# mdb custom dmods

Picking up right where we left off in our previous exercises. We've got a core due to an error. We fix the error by removing line 31 from myprog.c and rebuilding. The program runs now... prints out some text and pauses... to simulate a long-running program that we need to debug without disrupting too much.

Let's get a core!

Let's see if it leaking:

An estute coder might quickly identify the problem by just reviewing the code, however, in larger systems this can be far more daunting, so we'll take a leap of faith and consider this leakage puzzling.

One problem is that we have all of our data up in this hash table and it is quite challenging to iterate over all of to see what's inside.

Before we dive in and build our own mdb dmod to iterate over a ck_ht, let's take a look at the actual leaks. Presumably, those leaks via strdup() should have strings in them. So let's print some out:

That clearly didn't work. This is some deep carnal knowledge about libumem, but umem allocation have a redzone and to make it worse, they are of variable size. Basically, if the allocation is over 16 bytes, the redzone is 16, otherwise it is 8.

In mdb, the only way I know how to walk a set of address and print strings out at an offset is to hack a silly struct.

We can see that this came from the umem_alloc_16 slab, so it is 16 bytes or less and thus has an 8 byte redzone. We'll create two types to help us and then leverage one to print out all 35 leaked words in this bufctl. You'll notice that the redzone16 type has its redzone allocated with 10 bytes. Everything in mdb is in hex... 0x10 = 16t.

Very interesting... what's so special about those words? I didn't just add lesbian into my output to get more search engine traffic... I was actually a bit surprised by it.

Now we have more clues and you might likely guess what's so screwed up here. But, for the sake of more complex debugging, we'll assume we're still completely stumped and decide we now need to go look in the hash table to see what is actually there. This requires some heavy lifting and is more the point of this post.

### Writing and mdb dmod.

All those fancy commands ::findleaks and ::walk leakbuf were provided by a dmod... libumem's. Libumem provides some (quite sophisticated) utilities to mdb via a dmod. We will use the same approach to teach mdb how to walk over all the entires in a ck_ht.

This will seem a bit complicated, but remember travesing a data structure might seem easy when the memory is yours and the pointers point to valid locations in your memory space. Here we're in mdb, in it's memory space and have a core file representing something completely foreign. We need to go through all the effort of reading memory out of a foreign virtual memory space.

I'm not going to explain this line by line, but the basic idea is that mdb_vread lets us read bytes of the debugged virtual memory space into our own.
To make things more complicated (or perhaps realistic) there are bits of the ck_ht structures that we need to look into that aren't exposed by the public headers... so evil hack time.

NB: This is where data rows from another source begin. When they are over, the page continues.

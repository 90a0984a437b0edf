//! Events as rows write them.

use el_env::Env;
use el_words::Words;
use el_world::{Ended, Event, Handle, PipeEnds};
use percent_encoding::{AsciiSet, CONTROLS, ascii_set, percent_encode};
use std::alloc::{AllocError, Global};
use std::fmt::{self, Debug, Display, Formatter, Write};

// What is written as `%` and two digits between quotes, besides bytes outside ASCII.
const ESCAPED: AsciiSet = ascii_set!(CONTROLS.add(b'"').add(b'%'));

/// An event in words: the call, its arguments, and behind `->` its answer, or why it has none. Each of
/// these details stands on a line of its own, for none of them holds the end of a line:
///
///     Start ["a", " b"] {"A=1"} in "/" (0 1 -) -> 100
///     Wait 100 -> Exited 0
///     Opened "f" in "/" Read -> 3
///     Pipe -> 3 4
///     Feed "bytes" -> 3
///     Read 3 -> "bytes"
///     Write 2 "bytes" -> Ok
///     Close 3
///     Enter "d" in "/" -> "/d"
#[derive(Drop)]
pub struct EventText<'a>(pub &'a Event);

impl EventText<'_> {
    /// The text on one line.
    pub fn on_one_line(&self, alloc: Global) -> Result<String, AllocError> {
        self.to_string(alloc)?.replace(alloc, '\n', " ")
    }

    /// Whether `line` is the text on one line, or that less some of its details.
    pub fn fits(&self, alloc: Global, line: &str) -> Result<bool, AllocError> {
        let text = self.to_string(alloc)?;
        let mut rest = line.as_bytes();
        for detail in text.lines() {
            if let Some(behind) = strip_detail(rest, detail.as_bytes()) {
                rest = behind;
            }
        }
        Ok(rest.is_empty())
    }

    /// The call with its arguments, without its answer.
    pub fn call(&self, alloc: Global) -> Result<String, AllocError> {
        CallText(self.0).to_string(alloc)
    }

    fn write_call<W: Write>(&self, f: &mut Formatter<W>) -> fmt::Result {
        match self.0 {
            Event::Start {
                words,
                env,
                dir,
                ends,
                ..
            } => {
                write!(f, "Start\n{}\n{}\n", WordList(words), Variables(env))?;
                write!(f, "in {}\n{}", Quoted(dir.as_bytes()), Ends(ends))
            }
            Event::Wait { pid, .. } => write!(f, "Wait\n{}", pid.number),
            Event::Opened {
                dir,
                path,
                mode,
                ..
            } => {
                write!(f, "Opened\n{}\n", Quoted(path.as_bytes()))?;
                write!(f, "in {}\n{mode:?}", Quoted(dir.as_bytes()))
            }
            Event::Pipe { .. } => write!(f, "Pipe"),
            Event::Feed { bytes, .. } => write!(f, "Feed\n{}", Quoted(bytes.as_bytes())),
            Event::Read { handle, .. } => write!(f, "Read\n{}", handle.number),
            Event::Write { handle, bytes, .. } => {
                write!(f, "Write\n{}\n{}", handle.number, Quoted(bytes.as_bytes()))
            }
            Event::Close { handle } => write!(f, "Close\n{}", handle.number),
            Event::Enter { dir, path, .. } => {
                write!(f, "Enter\n{}\n", Quoted(path.as_bytes()))?;
                write!(f, "in {}", Quoted(dir.as_bytes()))
            }
        }
    }

    fn write_answer<W: Write>(&self, f: &mut Formatter<W>) -> fmt::Result {
        match self.0 {
            Event::Start { answer, .. } => answered(f, answer.map(|pid| pid.number)),
            Event::Wait { answer, .. } => answered(f, answer.map(EndedText)),
            Event::Opened { answer, .. } => answered(f, answer.map(|handle| handle.number)),
            Event::Pipe { answer } => answered(f, answer.map(PipeText)),
            Event::Feed { answer, .. } => answered(f, answer.map(|handle| handle.number)),
            Event::Read { answer, .. } => {
                answered(f, answer.as_ref().map(|bytes| Quoted(bytes.as_bytes())))
            }
            Event::Write { answer, .. } => answered(f, answer.map(|()| "Ok")),
            Event::Close { .. } => Ok(()),
            Event::Enter { answer, .. } => {
                answered(f, answer.as_ref().map(|dir| Quoted(dir.as_bytes())))
            }
        }
    }
}

impl Display for EventText<'_> {
    fn fmt<W: Write>(&self, f: &mut Formatter<W>) -> fmt::Result {
        self.write_call(f)?;
        self.write_answer(f)
    }
}

// The call alone.
#[derive(Drop)]
struct CallText<'a>(&'a Event);

impl Display for CallText<'_> {
    fn fmt<W: Write>(&self, f: &mut Formatter<W>) -> fmt::Result {
        EventText(self.0).write_call(f)
    }
}

// What stands in `line` behind `detail` and a space; None where it doesn't begin with that detail.
fn strip_detail<'a>(line: &'a [u8], detail: &[u8]) -> Option<&'a [u8]> {
    let behind = line.strip_prefix(detail)?;
    if behind.is_empty() {
        return Some(behind);
    }
    behind.strip_prefix(b" ")
}

fn answered<T: Display + Drop, E: Debug + Drop, W: Write>(
    f: &mut Formatter<W>,
    answer: Result<T, E>,
) -> fmt::Result {
    match answer {
        Ok(value) => write!(f, "\n-> {value}"),
        Err(fault) => write!(f, "\n-> {fault:?}"),
    }
}

#[derive(Drop)]
struct Quoted<'a>(&'a [u8]);

impl Display for Quoted<'_> {
    fn fmt<W: Write>(&self, f: &mut Formatter<W>) -> fmt::Result {
        write!(f, "\"{}\"", percent_encode(self.0, ESCAPED))
    }
}

// `["a", "b c"]`
#[derive(Drop)]
struct WordList<'a>(&'a Words);

impl Display for WordList<'_> {
    fn fmt<W: Write>(&self, f: &mut Formatter<W>) -> fmt::Result {
        f.write_str("[")?;
        for (place, word) in self.0.iter().enumerate() {
            let separator = if place == 0 { "" } else { ", " };
            write!(f, "{separator}{}", Quoted(word))?;
        }
        f.write_str("]")
    }
}

// `{"A=1", "B=2"}`, in the order of the names
#[derive(Drop)]
struct Variables<'a>(&'a Env);

impl Display for Variables<'_> {
    fn fmt<W: Write>(&self, f: &mut Formatter<W>) -> fmt::Result {
        let sorted = self.0.sorted().map_err(|_| fmt::Error)?;
        f.write_str("{")?;
        for (place, variable) in sorted.iter().enumerate() {
            let separator = if place == 0 { "" } else { ", " };
            let name = percent_encode(variable.name, ESCAPED);
            let value = percent_encode(variable.value, ESCAPED);
            write!(f, "{separator}\"{name}={value}\"")?;
        }
        f.write_str("}")
    }
}

// `(0 1 -)`
#[derive(Drop)]
struct Ends<'a>(&'a [Option<Handle>; 3]);

impl Display for Ends<'_> {
    fn fmt<W: Write>(&self, f: &mut Formatter<W>) -> fmt::Result {
        let [input, output, error] = *self.0;
        write!(f, "({} {} {})", End(input), End(output), End(error))
    }
}

#[derive(Drop)]
struct End(Option<Handle>);

impl Display for End {
    fn fmt<W: Write>(&self, f: &mut Formatter<W>) -> fmt::Result {
        match self.0 {
            Some(handle) => write!(f, "{}", handle.number),
            None => f.write_str("-"),
        }
    }
}

#[derive(Drop)]
struct EndedText(Ended);

impl Display for EndedText {
    fn fmt<W: Write>(&self, f: &mut Formatter<W>) -> fmt::Result {
        match self.0 {
            Ended::Exited(code) => write!(f, "Exited {code}"),
            Ended::Killed(signal) => write!(f, "Killed {signal}"),
        }
    }
}

#[derive(Drop)]
struct PipeText(PipeEnds);

impl Display for PipeText {
    fn fmt<W: Write>(&self, f: &mut Formatter<W>) -> fmt::Result {
        write!(f, "{} {}", self.0.reader.number, self.0.writer.number)
    }
}
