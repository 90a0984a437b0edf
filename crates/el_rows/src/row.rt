//! What a row of the table says.

use el_app::Finish;
use el_env::Env;
use el_words::{NoMemory, Word, Words};
use el_world::Answer;
use std::alloc::Global;

/// A row, under the name by which it is reported.
#[derive(Drop)]
pub struct Row {
    pub name: String,
    pub run: Run,
}

/// A run of the top call over a scripted World, and what must come of it.
#[derive(Drop)]
pub struct Run {
    pub words: Words,
    pub env: Env,
    pub dir: Word,
    pub budget: u64,
    /// What the World answers; behind the last it answers plainly.
    pub answers: Vec<Answer>,
    /// The number of the World's call that fails, counted from 1 among those that aren't closes.
    pub fuse: Option<u64>,
    pub log: ExpectedLog,
    /// Each row has an end: none differs from every end that comes.
    pub end: Option<Finish>,
    /// How many units the run takes, where it isn't spent.
    pub units: Option<u64>,
    /// How many calls fail.
    pub faults: Option<u64>,
}

/// The events that must come, each in the notation of `EventText` less what the row leaves open.
#[derive(Drop)]
pub struct ExpectedLog {
    pub events: Vec<String>,
    /// Whether other events may come before these.
    pub is_tail: bool,
    /// How many events must come of some kinds. Where any are counted, the others aren't compared.
    pub counts: Vec<Count>,
}

/// So many events fit a line, in the notation of `EventText` less what the row leaves open.
#[derive(Drop)]
pub struct Count {
    pub events: usize,
    pub line: String,
}

impl Run {
    /// A run without words, variables, answers and events, in `/`, with the greatest budget.
    pub fn new(alloc: Global) -> Result<Run, NoMemory> {
        Ok(Run {
            words: Words::new(alloc),
            env: Env::new(alloc),
            dir: Word::of(alloc, b"/")?,
            budget: u64::MAX,
            answers: Vec::new(alloc),
            fuse: None,
            log: ExpectedLog {
                events: Vec::new(alloc),
                is_tail: false,
                counts: Vec::new(alloc),
            },
            end: None,
            units: None,
            faults: None,
        })
    }
}
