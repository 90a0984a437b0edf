//! Runs a row.

use crate::row::Run;
use el_app::{Finish, execline};
use el_words::{Bytes, NoMemory};
use el_world::{Answer, Answers, Event, Fuse, Log, Scripted};
use std::alloc::Global;

/// What came of a run.
#[derive(Drop)]
pub struct Outcome {
    world: Fuse<Scripted>,
    pub finish: Finish,
    // How many events come before the failed call's, where one was made to fail.
    place: usize,
}

/// The events of a run in their order.
#[derive(Clone, Copy)]
pub struct Events<'a> {
    passed_on: &'a Log,
    failed: Option<&'a Event>,
    place: usize,
}

/// Runs the top call as `run` says, with this budget.
pub fn outcome_of(alloc: Global, run: &Run, budget: u64) -> Result<Outcome, NoMemory> {
    outcome_over(alloc, run, budget, 0, 0)
}

/// How that run ends.
pub fn finish_of(alloc: Global, run: &Run, budget: u64) -> Result<Finish, NoMemory> {
    Ok(outcome_of(alloc, run, budget)?.finish)
}

/// What comes of the run where the `k`-th call that isn't a close fails, whose event comes behind so many.
pub fn failing_outcome_of(
    alloc: Global,
    run: &Run,
    k: u64,
    place: usize,
) -> Result<Outcome, NoMemory> {
    outcome_over(alloc, run, run.budget, k, place)
}

impl Outcome {
    pub fn events(&self) -> Events<'_> {
        Events {
            passed_on: self.world.inner().log(),
            failed: self.world.failed(),
            place: self.place,
        }
    }

    /// How many calls failed.
    pub fn faults(&self) -> u64 {
        let failed = u64::from(self.world.failed().is_some());
        self.world.inner().faults().saturating_add(failed)
    }
}

impl<'a> Events<'a> {
    pub fn len(self) -> usize {
        self.passed_on
            .len()
            .saturating_add(usize::from(self.failed.is_some()))
    }

    pub fn get(self, number: usize) -> Option<&'a Event> {
        match self.failed {
            Some(failed) if number == self.place => Some(failed),
            Some(_) if number > self.place => self.passed_on.get(number - 1),
            _ => self.passed_on.get(number),
        }
    }

    /// The event of the call that was made to fail.
    pub fn failed(self) -> Option<&'a Event> {
        self.failed
    }
}

fn outcome_over(
    alloc: Global,
    run: &Run,
    budget: u64,
    k: u64,
    place: usize,
) -> Result<Outcome, NoMemory> {
    let env = run.env.copy()?;
    let dir = run.dir.copy()?;
    let mut world = world_of(alloc, &run.answers, k)?;
    let finish = execline(alloc, &run.words, env, dir, &mut world, budget);
    Ok(Outcome {
        world,
        finish,
        place,
    })
}

// The World that answers so, and lets the `k`-th call fail.
fn world_of(alloc: Global, answers: &[Answer], k: u64) -> Result<Fuse<Scripted>, NoMemory> {
    let answers = copies_of(alloc, answers)?;
    Ok(Fuse::new(alloc, Scripted::new(alloc, answers)?, k))
}

fn copies_of(alloc: Global, answers: &[Answer]) -> Result<Answers, NoMemory> {
    let mut copies = Answers::new(alloc);
    for answer in answers {
        copies.push(copy_of(alloc, answer)?)?;
    }
    Ok(copies)
}

fn copy_of(alloc: Global, answer: &Answer) -> Result<Answer, NoMemory> {
    Ok(match answer {
        Answer::Plain => Answer::Plain,
        Answer::Fault => Answer::Fault,
        Answer::NotFound => Answer::NotFound,
        Answer::NotStartable => Answer::NotStartable,
        Answer::Ended(ended) => Answer::Ended(*ended),
        Answer::Piece(bytes) => Answer::Piece(Bytes::from_slice(alloc, bytes.as_bytes())?),
        Answer::Path(dir) => Answer::Path(dir.copy()?),
    })
}
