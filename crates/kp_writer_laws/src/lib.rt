//! Laws of tables that are edited in the size of a change, over the definitions alone. Each is the
//! contract of a function that does nothing.
#![tactic(auto)]

ghost use Rattle.kp_writer_laws.specs.LocalLaws.{LookUpsAreLocal, TablesAgreeElsewhere};
ghost use Rattle.kp_writer_laws.specs.LocalLaws.{ChangesAreLocal, OtherPortsStay};
ghost use Rattle.kp_writer_laws.specs.LocalLaws.{NoClashIsLocal, SomeHaveNoClash};

/// A look-up among the chains of ports finds what it finds among those of the ports that have a
/// chain at its place: others don't matter there.
#[tactic(auto, using(crate::proofs::LocalLookUps::look_ups_are_local))]
pub fn look_ups_are_local()
    ensures { LookUpsAreLocal }
{}

/// The full tables of ports that are known alike but for some have the same chain at each place
/// that isn't a fixed chain's and where none of these ports has a chain, before or after.
#[tactic(auto, using(crate::proofs::LocalLookUps::tables_agree_elsewhere))]
pub fn tables_agree_elsewhere()
    ensures { TablesAgreeElsewhere }
{}

/// Ports in order are the same but for those of some names, where of each other name the same is
/// known before and after. That meets the premise on ports of `tables_agree_elsewhere`.
#[tactic(auto, using(crate::proofs::OtherPorts::other_ports_stay))]
pub fn other_ports_stay()
    ensures { OtherPortsStay }
{}

/// Ports of which only some are known otherwise than before have no clash, where the ports before
/// had none, exactly where the places of the chains of these are free and differ: the chains of the
/// others needn't be compared.
pub fn no_clash_is_local()
    ensures some { SomeHaveNoClash }
    ensures changed { NoClashIsLocal }
{}

/// The changes of a family's tables are told by any places in order that hold all at which the
/// tables differ.
#[tactic(auto, using(crate::proofs::LocalChanges::changes_are_local))]
pub fn changes_are_local()
    ensures { ChangesAreLocal }
{}
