ghost use Rattle.std.specs.Prelude.{◌≡◌, ◌++◌, ◌∷◌, [], ℕ, OnOk};
ghost use Rattle.script_tree.specs.StatementView.{statement_of, else_of};
ghost use Rattle.script_tree.specs.Syntax.{let_, while_, for_};
ghost use Rattle.script_tree.specs.SyntaxLists.{statements_of};
ghost use Rattle.script_code.specs.Code.{statement_code, block_code, names_after};
ghost use Rattle.script_code.specs.Jumps.{jumped, branch_beyond};
ghost use Rattle.script_code.specs.Jumps.{scoped_block, scoped_else, turn_code};
ghost use Rattle.script_code.specs.declared.instruction.Instruction.TheVariants as instruction;

use crate::emitter::{Emitter, put, replace};
use crate::instruction::Instruction;
use crate::scope::Scope;
use script_tree::syntax::expression::Expression;
use script_tree::syntax::name::Name;
use script_tree::syntax::statement::{Block, Else, Statement, StatementNode};
use std::alloc::AllocError;

impl<'a> Emitter<'a> {
    /// Writes the code of a statement.
    #[cycle(emit_statements)]
    fn statement(
        &self,
        code: &mut Vec<Instruction>,
        scope: &mut Scope<'a>,
        s: &'a Statement,
    ) -> Result<(), AllocError>
        ensures code { OnOk result (code.new.items
            ≡ code.old.items ++ statement_code self.now scope.old s.now) }
        ensures scope { OnOk result (scope.new ≡ names_after scope.old s.now) }
    {
        self.statement_node(code, scope, s.at, &s.node)
    }

    #[cycle(emit_statements)]
    fn statement_node(
        &self,
        code: &mut Vec<Instruction>,
        scope: &mut Scope<'a>,
        at: usize,
        node: &'a StatementNode,
    ) -> Result<(), AllocError>
        ensures code { OnOk result (code.new.items
            ≡ code.old.items ++ statement_code self.now scope.old (statement_of at node.now)) }
        ensures scope { OnOk result (scope.new
            ≡ names_after scope.old (statement_of at node.now)) }
    {
        match node {
            StatementNode::Let(x, e) => self.let_statement(code, scope, x, e),
            StatementNode::Set(x, e) => {
                let slot = scope.slot(&x.text);
                self.expression_then(code, scope, e, Instruction::Assign(slot))
            }
            StatementNode::If(e, body, other) => {
                self.expression(code, scope, e)?;
                self.first(code, scope, body)?;
                self.second(code, scope, other)
            }
            StatementNode::While(e, body) => self.while_loop(code, scope, e, body),
            StatementNode::For(x, e, body) => self.for_loop(code, scope, x, e, body),
            StatementNode::Echo(e) => self.expression_then(code, scope, e, Instruction::Echo),
            StatementNode::Status(e) => self.expression_then(code, scope, e, Instruction::Status),
            StatementNode::Return(e) => self.expression_then(code, scope, e, Instruction::Return),
            StatementNode::Do(e) => self.expression_then(code, scope, e, Instruction::Discard),
        }
    }

    /// Writes a declaration of a variable, which is in scope from then on.
    fn let_statement(
        &self,
        code: &mut Vec<Instruction>,
        scope: &mut Scope<'a>,
        x: &'a Name,
        e: &Expression,
    ) -> Result<(), AllocError>
        ensures code { (at : ℕ) → OnOk result (code.new.items
            ≡ code.old.items ++ statement_code self.now scope.old (let_ at x.now e.now)) }
        ensures scope { OnOk result (scope.new ≡ scope.old ++ x.now.text ∷ []) }
    {
        self.expression_then(code, scope, e, Instruction::Declare)?;
        scope.declare(&x.text)
    }

    /// Writes the first side of a choice, and before it the jump to the second.
    #[cycle(emit_statements)]
    fn first(
        &self,
        code: &mut Vec<Instruction>,
        scope: &mut Scope<'a>,
        body: &'a Block,
    ) -> Result<(), AllocError>
        ensures code { OnOk result (code.new.items
            ≡ code.old.items ++ jumped branch_beyond (scoped_block self.now scope.old body.now)) }
        ensures scope { OnOk result (scope.new ≡ scope.old) }
    {
        let jump = code.len();
        put(code, Instruction::Branch(0))?;
        self.scoped(code, scope, body)?;
        let past = Instruction::Branch(code.len() - jump);
        replace(code, jump, past);
        Ok(())
    }

    /// Writes the second side of a choice, and before it the jump past it.
    #[cycle(emit_statements)]
    fn second(
        &self,
        code: &mut Vec<Instruction>,
        scope: &mut Scope<'a>,
        other: &'a Else,
    ) -> Result<(), AllocError>
        ensures code { OnOk result (code.new.items ≡ code.old.items
            ++ jumped instruction.Jump (scoped_else self.now scope.old (else_of other.now))) }
        ensures scope { OnOk result (scope.new ≡ scope.old) }
    {
        let jump = code.len();
        put(code, Instruction::Jump(0))?;
        self.other(code, scope, other)?;
        let past = Instruction::Jump(code.len() - jump - 1);
        replace(code, jump, past);
        Ok(())
    }

    /// Writes the second side of a choice; where there is none, a block without statements.
    #[cycle(emit_statements)]
    fn other(
        &self,
        code: &mut Vec<Instruction>,
        scope: &mut Scope<'a>,
        other: &'a Else,
    ) -> Result<(), AllocError>
        ensures code { OnOk result (code.new.items
            ≡ code.old.items ++ scoped_else self.now scope.old (else_of other.now)) }
        ensures scope { OnOk result (scope.new ≡ scope.old) }
    {
        match other {
            Else::None => put(code, Instruction::Leave(scope.len())),
            Else::Block(body) => self.scoped(code, scope, body),
        }
    }

    /// Writes a loop: a jump to its test, its body, its test, and the jump back.
    #[cycle(emit_statements)]
    fn while_loop(
        &self,
        code: &mut Vec<Instruction>,
        scope: &mut Scope<'a>,
        e: &Expression,
        body: &'a Block,
    ) -> Result<(), AllocError>
        ensures code { (at : ℕ) → OnOk result (code.new.items ≡ code.old.items
            ++ statement_code self.now scope.old (while_ at e.now (statements_of body.now))) }
        ensures scope { OnOk result (scope.new ≡ scope.old) }
    {
        let start = code.len();
        self.body(code, scope, body)?;
        self.expression(code, scope, e)?;
        let back = code.len() - start - 1;
        put(code, Instruction::Again(back))
    }

    /// Writes a loop's body, and before it the jump past it.
    #[cycle(emit_statements)]
    fn body(
        &self,
        code: &mut Vec<Instruction>,
        scope: &mut Scope<'a>,
        body: &'a Block,
    ) -> Result<(), AllocError>
        ensures code { OnOk result (code.new.items ≡ code.old.items
            ++ jumped instruction.Jump (scoped_block self.now scope.old body.now)) }
        ensures scope { OnOk result (scope.new ≡ scope.old) }
    {
        let jump = code.len();
        put(code, Instruction::Jump(0))?;
        self.scoped(code, scope, body)?;
        let past = Instruction::Jump(code.len() - jump - 1);
        replace(code, jump, past);
        Ok(())
    }

    /// Writes a loop over a list: the list, the body, and the jump back with the next member.
    #[cycle(emit_statements)]
    fn for_loop(
        &self,
        code: &mut Vec<Instruction>,
        scope: &mut Scope<'a>,
        x: &'a Name,
        e: &Expression,
        body: &'a Block,
    ) -> Result<(), AllocError>
        ensures code { (at : ℕ) → OnOk result (code.new.items ≡ code.old.items
            ++ statement_code self.now scope.old (for_ at x.now e.now (statements_of body.now))) }
        ensures scope { OnOk result (scope.new ≡ scope.old) }
    {
        self.expression(code, scope, e)?;
        let start = code.len();
        self.turns(code, scope, x, body)?;
        let back = code.len() - start - 1;
        put(code, Instruction::Turn(back))
    }

    /// Writes the body of a loop over a list, and before it the jump past it.
    #[cycle(emit_statements)]
    fn turns(
        &self,
        code: &mut Vec<Instruction>,
        scope: &mut Scope<'a>,
        x: &'a Name,
        body: &'a Block,
    ) -> Result<(), AllocError>
        ensures code { OnOk result (code.new.items ≡ code.old.items
            ++ jumped instruction.Each (turn_code self.now scope.old x.now.text body.now)) }
        ensures scope { OnOk result (scope.new ≡ scope.old) }
    {
        let jump = code.len();
        put(code, Instruction::Each(0))?;
        self.turn(code, scope, x, body)?;
        let past = Instruction::Each(code.len() - jump - 1);
        replace(code, jump, past);
        Ok(())
    }

    /// Writes the body of a loop over a list, with the variable of the loop in scope.
    #[cycle(emit_statements)]
    fn turn(
        &self,
        code: &mut Vec<Instruction>,
        scope: &mut Scope<'a>,
        x: &'a Name,
        body: &'a Block,
    ) -> Result<(), AllocError>
        ensures code { OnOk result (code.new.items
            ≡ code.old.items ++ turn_code self.now scope.old x.now.text body.now) }
        ensures scope { OnOk result (scope.new ≡ scope.old) }
    {
        let kept = scope.len();
        scope.declare(&x.text)?;
        self.block(code, scope, body)?;
        scope.leave(kept);
        put(code, Instruction::Leave(kept))
    }

    /// Writes a block within others.
    #[cycle(emit_statements)]
    fn scoped(
        &self,
        code: &mut Vec<Instruction>,
        scope: &mut Scope<'a>,
        body: &'a Block,
    ) -> Result<(), AllocError>
        ensures code { OnOk result (code.new.items
            ≡ code.old.items ++ scoped_block self.now scope.old body.now) }
        ensures scope { OnOk result (scope.new ≡ scope.old) }
    {
        self.block(code, scope, body)?;
        put(code, Instruction::Leave(scope.len()))
    }

    /// Writes the code of a block. What it declares is in scope only within it.
    #[cycle(emit_statements)]
    pub(crate) fn block(
        &self,
        code: &mut Vec<Instruction>,
        scope: &mut Scope<'a>,
        body: &'a Block,
    ) -> Result<(), AllocError>
        ensures code { OnOk result (code.new.items
            ≡ code.old.items ++ block_code self.now scope.old (statements_of body.now)) }
        ensures scope { OnOk result (scope.new ≡ scope.old) }
    {
        let kept = scope.len();
        for s in body.as_slice() {
            self.statement(code, scope, s)?;
        }
        scope.leave(kept);
        Ok(())
    }
}
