ghost use Rattle.std.specs.Prelude.{◌≡◌, length, IfOk};
ghost use Rattle.script_tree.specs.SyntaxLists.{expressions_of};
ghost use Rattle.script_meaning.specs.Evaluate.{store_name};
ghost use Rattle.script_tree.specs.Builtins.{takes_store};
ghost use Rattle.script_code.specs.Callees.{call_of, has_store_first};
ghost use Rattle.script_code.specs.Code.{builtin_code};

use crate::instruction::Instruction;
use script_meaning::store_names::store_name;
use script_tree::syntax::builtin::Builtin;
use script_tree::syntax::expression::Expression;
use script_tree::text::Text;
use std::alloc::{AllocError, Global};

/// What a name calls.
#[derive(Clone, Copy)]
pub(crate) enum Callee {
    /// The function of the program with this number.
    Own(usize),
    Builtin(Builtin),
    Unknown,
}

impl Callee {
    /// Whether its first argument is the bare name of a store.
    pub(crate) fn takes_store(self) -> bool
        ensures { result ≡ has_store_first self }
    {
        match self {
            Callee::Builtin(builtin) => builtin.takes_store(),
            Callee::Own(_) | Callee::Unknown => false,
        }
    }

    /// The instruction that calls it with these arguments.
    pub(crate) fn call(
        self,
        alloc: Global,
        operands: &[Expression],
    ) -> Result<Instruction, AllocError>
        ensures { IfOk result (λ call. call
            ≡ call_of self (store_name (expressions_of operands.now)) (length operands.now)) }
    {
        match self {
            Callee::Own(number) => Ok(Instruction::Call(number, operands.len())),
            Callee::Builtin(builtin) => builtin_call(alloc, builtin, operands),
            Callee::Unknown => Ok(Instruction::CallUnknown(operands.len())),
        }
    }
}

/// The instruction that calls a built-in function with these arguments.
fn builtin_call(
    alloc: Global,
    builtin: Builtin,
    operands: &[Expression],
) -> Result<Instruction, AllocError>
    ensures { IfOk result (λ call. call ≡ builtin_code (takes_store builtin) builtin
        (store_name (expressions_of operands.now)) (length operands.now)) }
{
    if builtin.takes_store() {
        let store = Text::from_vec(store_name(operands).to_vec(alloc)?);
        Ok(Instruction::CallStore(builtin, store, operands.len().saturating_sub(1)))
    } else {
        Ok(Instruction::CallBuiltin(builtin, operands.len()))
    }
}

A walker is made up of three parts: an initializer, a stepper, and a finalizer.

Refering back to the makefile from the previous post, we've got a one line build for this, which or my system turns out to be:

gcc -I/opt/circonus/include/amd64 -m64 -fPIC -shared -o libck.so libck.c

Now, in mdb, we can load this dmod. Note that if you actually placed this file in /usr/lib/mdb/proc/amd64, then it would autoload when mdb realized that the core linked libck (super nice and convenient). For now, we'll assume it isn't installed and we need to load it from the local directory.

Cool... but actually that just comes from CTF. I did that to emphasize that the map element of that structure actually holds all the goodies and because libck itself was built without CTF, we can't see shit. There are a lot of words in this hash, so I'll just walk it and count them and then print out the first few. Again we need to pull a stupid trick to print out C strings via ::print

Okay, we've got words in there. While not so useful for debugging, let's print out the value in the hash table to see if we can keep our sanity. The first word there is "sangaree", so let's see if the meta data about its length, etc. is correct.

Interesting... caps is zero (obviously), but I've not yet seen any capitalized words. Let's print all the caps...

No caps. Anywhere. Looking at the code, maybe that's the issue! We're lowercasing all the words.

I wonder if any of our freed words are still in the hash table. One of our other interesting leaked words was "fortran".

Hot damn! So we have a leaked "fortran" and a not leaked "fortran." We have two "fortan"s. As any C programmer will tell you, the only acceptable number of fortans is zero, but as a small hat tip to the mathematicians in the croud and we'll allow one. Two? Bad mojo.

If we put a duplicate value into the hash table, we'll replace the old one without freeing it... thus our leaks.

If we go look in /usr/dict/words, we'll find both "Fortan" and "fortan" there. Personally, I'm all for removing both of them. While I'm puzzled as to why there are two lesbians in my dictionary, I do understand that both "Max" (the proper noun) and "max" (the short form of maximum) would both legitimately be there.